選挙などで雪崩を打ったように一方の勢力に票が入ることもあるし、または誰かへのバッシングなども一気に高まることもある。
社会の空気とか、うねりとかそういう見えない力があって、それに抗うことはなかなかに難しい。
特に戦争などといった状態であれば、さらにそうだ。
後から歴史を紐解けば、なぜそのようなことになったのだろうと思うことがあっても、その時に生きる人々、社会の中においては、大きなうねりに逆らうことは困難なのだろう。
本作「ハクソー・リッジ」では第二次世界大戦の激戦の中でも決して銃を取らず、人の命を奪わず、衛生兵として人を救い続けたデズモンド・リズの物語である。
戦場においては人の命を奪うことというのは兵士にとっては避けられないものである、ということは多くの人の理解であろう。
戦争という事態が良いか悪いか別にして、そういう状態になった場合、兵士の役割を否定できるものではない。
しかし、デズモンドは兵士が国を守るために戦い、人を殺さねばならないことそのものは否定はしないが、自分自身は人を殺すことを拒絶する。
人によってはそれは虫が良い話に聞こえるかもしれない。
けれども彼は自分の命をかけて、戦場に赴き、人を救おうとする。
己だけ人を殺すことの禁忌を避けているようにも見えなくはないが、彼が歩もうとする道もまた簡単なものではない。

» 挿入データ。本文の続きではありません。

//! What a guard is about to touch.

ghost use Rattle.std.specs.Prelude.{◌≡◌, IfOk, None, is_some};
ghost use Rattle.es3_convert.specs.Conversions.{text_of};
ghost use Rattle.heap_rows.specs.Doing.{told_of, touched_value};
ghost use Rattle.page_log.specs.Items.{touch_of, key_list};
ghost use Rattle.guard_runtime.specs.Guards.{list_of, done_of};
ghost use Rattle.guard_touches.specs.Touches.{told_if, at_text, with_list, made_by, touches_of};

use caja_units::{Memory, Units};
use es3_convert::to_text;
use es3_heap::{Class, Heap, Stop, Tag, Value};
use es3_language::Touch;
use guard_runtime::Guard;
use page_log::Item;
use public_properties::function_kind;
use row_outcomes::value_or;
use std::alloc::Global;

/// The touch of what has this name, where it has one.
fn touch_of_name(by: u32, what: Touch, tag: Tag, key: Option<Units>) -> Option<Item>
    ensures { told_if result ≡ told_of by (touch_of what) tag (key_list key) }
{
    match tag {
        Tag::None => None,
        _ => Some(Item::Touched(by, what, tag, key)),
    }
}

/// The touch of a value, where it is an object with a name.
fn touch_of_value(h: &Heap, by: u32, what: Touch, on: &Value, key: Option<Units>) -> Option<Item>
    ensures { told_if result ≡ touched_value by (touch_of what) on.now h.now (key_list key) }
{
    match on {
        Value::Obj(o) => touch_of_name(by, what, h.tag(*o), key),
        _ => None,
    }
}

/// The touch of a value at the text of a key. There is none where the key has no text: the guard stops there.
fn touch_at_text(
    alloc: Global,
    h: &Heap,
    by: u32,
    what: Touch,
    on: &Value,
    key: &Value,
) -> Result<Option<Item>, Memory>
    ensures { IfOk result (λ item. told_if item ≡ at_text by (touch_of what) on.now (text_of h.now key.now) h.now) }
{
    match to_text(alloc, h, key) {
        Ok(text) => Ok(touch_of_value(h, by, what, on, Some(text))),
        Err(Stop::Memory) => Err(Memory),
        Err(_fault) => Ok(None),
    }
}

/// Whether a value is an array, which a guard takes for a list of arguments.
fn is_list(h: &Heap, l: &Value) -> bool
    ensures { result ≡ is_some (list_of h.now l.now) }
{
    match l {
        Value::Obj(o) => matches!(h.class(*o), Class::Array),
        _ => false,
    }
}

/// The touch of a function that modules may use, of which a new object is made.
fn touch_of_maker(alloc: Global, h: &Heap, by: u32, f: &Value) -> Result<Option<Item>, Memory>
    ensures { IfOk result (λ item. told_if item ≡ made_by by f.now h.now) }
{
    match function_kind(alloc, h, f)? {
        Some(_) => Ok(touch_of_value(h, by, Touch::New, f, None)),
        None => Ok(None),
    }
}

/// What a guard is about to touch, while the module `by` runs: an object with a name, if it touches one. An absent argument is
/// undefined. Where the guard's own conversion of a key stops, nothing is touched.
///
/// # Errors
///
/// `Memory` where memory is wanting.
pub fn touched_by(
    alloc: Global,
    h: &Heap,
    guard: Guard,
    by: u32,
    args: &[Value],
) -> Result<Option<Item>, Memory>
    ensures { IfOk result (λ item. told_if item ≡ (done_of guard by args.now h.now).items) }
{
    let absent = Value::Undefined;
    let first = value_or(args, 0, &absent);
    let second = value_or(args, 1, &absent);
    let third = value_or(args, 2, &absent);
    match guard {
        Guard::ReadPub => touch_at_text(alloc, h, by, Touch::Get, first, second),
        Guard::SetPub => touch_at_text(alloc, h, by, Touch::Set, first, second),
        Guard::DeletePub => touch_at_text(alloc, h, by, Touch::Delete, first, second),
        Guard::InPub => touch_at_text(alloc, h, by, Touch::Has, second, first),
        Guard::KeysPub => Ok(touch_of_value(h, by, Touch::Keys, first, None)),
        Guard::CallPub if is_list(h, third) => touch_at_text(
            alloc,
            h,
            by,
            Touch::Get,
            first,
            second,
        ),
        Guard::Construct if is_list(h, second) => touch_of_maker(alloc, h, by, first),
        _ => Ok(None),
    }
}
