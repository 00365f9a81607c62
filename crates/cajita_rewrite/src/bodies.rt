//! What stands in a body beside its statements: the variables at its head, and the marks of the functions that it declares (ES3 12.2, 13).
//! Each function fails with `Memory` where memory is wanting.

ghost use Rattle.std.specs.Prelude.{◌≡◌, OnOk};
ghost use Rattle.es3_tree.specs.Tree as target;
ghost use Rattle.es3_tree.specs.View.{of_items, of_stmts};
ghost use Rattle.cajita_tree.specs.Tree as tree;
ghost use Rattle.cajita_tree.specs.View as source;
ghost use Rattle.cajita_rewrite.specs.Rewrite.{joined, items_joined, name_items, others, declared, marks};

use crate::declared::add_declared;
use crate::declared_names::DeclaredNames;
use caja_units::{Memory, Units};
use cajita_tree::{CFunc, CStmt};
use es3_tree::{Stmt, VarItem};
use rewrite_parts::names::{copied_name, copied_variable, runtime_call};
use std::alloc::Global;

/// Puts the names that no `var` of the statements declares behind the variables.
pub(crate) fn add_names(
    alloc: Global,
    items: &mut Vec<VarItem>,
    names: &[Units],
    list: &[CStmt],
) -> Result<(), Memory>
    ensures { OnOk result (of_items items.new.items
        ≡ items_joined (of_items items.old.items) (name_items (others names.now (declared tree.stmts (source.of_stmts list.now))) target.no_items)) }
{
    if names.is_empty() {
        return Ok(());
    }
    let mut found = DeclaredNames::new(alloc)?;
    add_declared(&mut found, list)?;
    for name in names {
        if !found.has(name) {
            items.push(VarItem {
                name: copied_name(alloc, name)?,
                value: None,
            })?;
        }
    }
    Ok(())
}

/// Puts `___.func(N);` behind the statements for each function that a body declares.
pub(crate) fn add_marks(
    alloc: Global,
    out: &mut Vec<Stmt>,
    functions: &[CFunc],
) -> Result<(), Memory>
    ensures { OnOk result (of_stmts out.new.items ≡ joined (of_stmts out.old.items) (marks (source.of_funcs functions.now) target.no_stmts)) }
{
    for function in functions {
        if let Some(name) = &function.name {
            let function = copied_variable(alloc, name)?;
            out.push(Stmt::Expr(runtime_call(alloc, "func", [function])?))?;
        }
    }
    Ok(())
}
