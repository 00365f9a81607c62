//! Members of values (ES3 11.2.1).

ghost use Rattle.std.specs.Prelude.{◌≡◌, ◌<◌, ◌^◌, pos, IfOk, length, option_map};
ghost use Rattle.es3_language.specs.References as r;
ghost use Rattle.es3_moves.specs.Where.{plain_ref};

use caja_num::Whole;
use caja_units::{Memory, Units};
use es3_heap::{Heap, Proto, Value};
use es3_moves::frame::Ref;
use std::alloc::Global;
use std::rc::Rc;

/// A member of a value; undefined and null have none.
pub fn member_of(base: Value, key: Rc<Units>) -> Option<Ref>
    ensures { option_map plain_ref result ≡ r.member_of base key.value }
{
    match base {
        Value::Undefined => None,
        Value::Null => None,
        Value::Bool(b) => Some(Ref::Member(Value::Bool(b), key)),
        Value::Num(n) => Some(Ref::Member(Value::Num(n), key)),
        Value::Text(text) => Some(Ref::Member(Value::Text(text), key)),
        Value::Obj(o) => Some(Ref::Member(Value::Obj(o), key)),
    }
}

/// A copy of the value of a member (ES3 8.6.2.1, 9.9, 15.5.5.1).
///
/// # Errors
///
/// `Memory` where memory is wanting.
pub fn get_member(alloc: Global, base: &Value, key: &Units, h: &Heap) -> Result<Value, Memory>
    ensures { IfOk result (λ v. v ≡ r.get_member h.now base.now key.now) }
{
    match base {
        Value::Undefined => Ok(Value::Undefined),
        Value::Null => Ok(Value::Undefined),
        Value::Bool(_) => h.get(h.proto(Proto::Boolean), key).copy(alloc),
        Value::Num(_) => h.get(h.proto(Proto::Number), key).copy(alloc),
        Value::Text(text) => text_member(alloc, text, key, h),
        Value::Obj(o) => h.get(*o, key).copy(alloc),
    }
}

/// A copy of the value of a member of a text.
fn text_member(alloc: Global, text: &Units, key: &Units, h: &Heap) -> Result<Value, Memory>
    ensures { IfOk result (λ v. v ≡ r.get_member h.now (Value.Text text.now) key.now) }
{
    if key.same(h.length_key()) {
        return Ok(Value::Num(whole(text.len())));
    }
    h.get(h.proto(Proto::String), key).copy(alloc)
}

/// A whole number that is small enough.
pub fn whole(n: usize) -> Whole
    requires { n < 2 ^ 53 }
    ensures { result ≡ pos n }
{
    Whole::new(n as i64).unwrap()
}
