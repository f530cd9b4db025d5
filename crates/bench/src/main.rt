// The repair bench: reads a file of words from standard input, and prints what it holds and how fast its graph clocks.
#![tactic(auto)]

mod finding;
mod input;

use finding::inspect;
use input::read_input;
use word_bytes::read_words;

fn main(rt: HostRuntime) -> anyhow::Result<()> {
    let input = read_input(rt)?;
    let bytes = input.bytes;
    let count = bytes / 4;
    println!(rt; "read {bytes} bytes, {count} words")?;
    let words = read_words(rt.alloc(), input.kept.as_slice())?;
    match inspect(words.as_slice(), bytes % 4 != 0) {
        Ok(found) => println!(rt; "{found}")?,
        Err(refusal) => println!(rt; "{refusal}")?,
    }
    Ok(())
}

多くの人の非難、奇異に見る目を受け、自分の信念を貫き通す。
彼の信条自体が良いか悪いかという議論は置いておいて、強い社会のうねりがある中で、それとは異なる自分の信念を貫くというのが、いかに困難であるかは容易に想像がつく。
これは戦場という場の話だけではないと思う。
東芝事件にしても電通事件にしても、社内で問題がある行為を許容する空気ができていた場合、それに一人の社員が異を唱えることがいかに難しいかがわかるだろう。
そう考えるとデズモンドが自分の信念を守るということに対して、強い胆力を持っていたということが実感できる。
さらに当時においても米軍はそういった一般の兵士とは違う価値観を持つ者(良心的兵役拒否者)を許容する懐の深さを持っていたということである。
最近でこそ逆に価値観の許容が狭められている気もするが、それでも日本よりは懐は深いのではないだろうか。
デズモンドが信念を貫き通すには、異なる価値観を受け入れる度量がある組織があるということが必要であったのかもしれない。
対して、当時の日本軍においてはそのような多様な価値を受け入れる余地はなかった。
現代においても日本の組織はまだまだそのような度量があるようには思えない。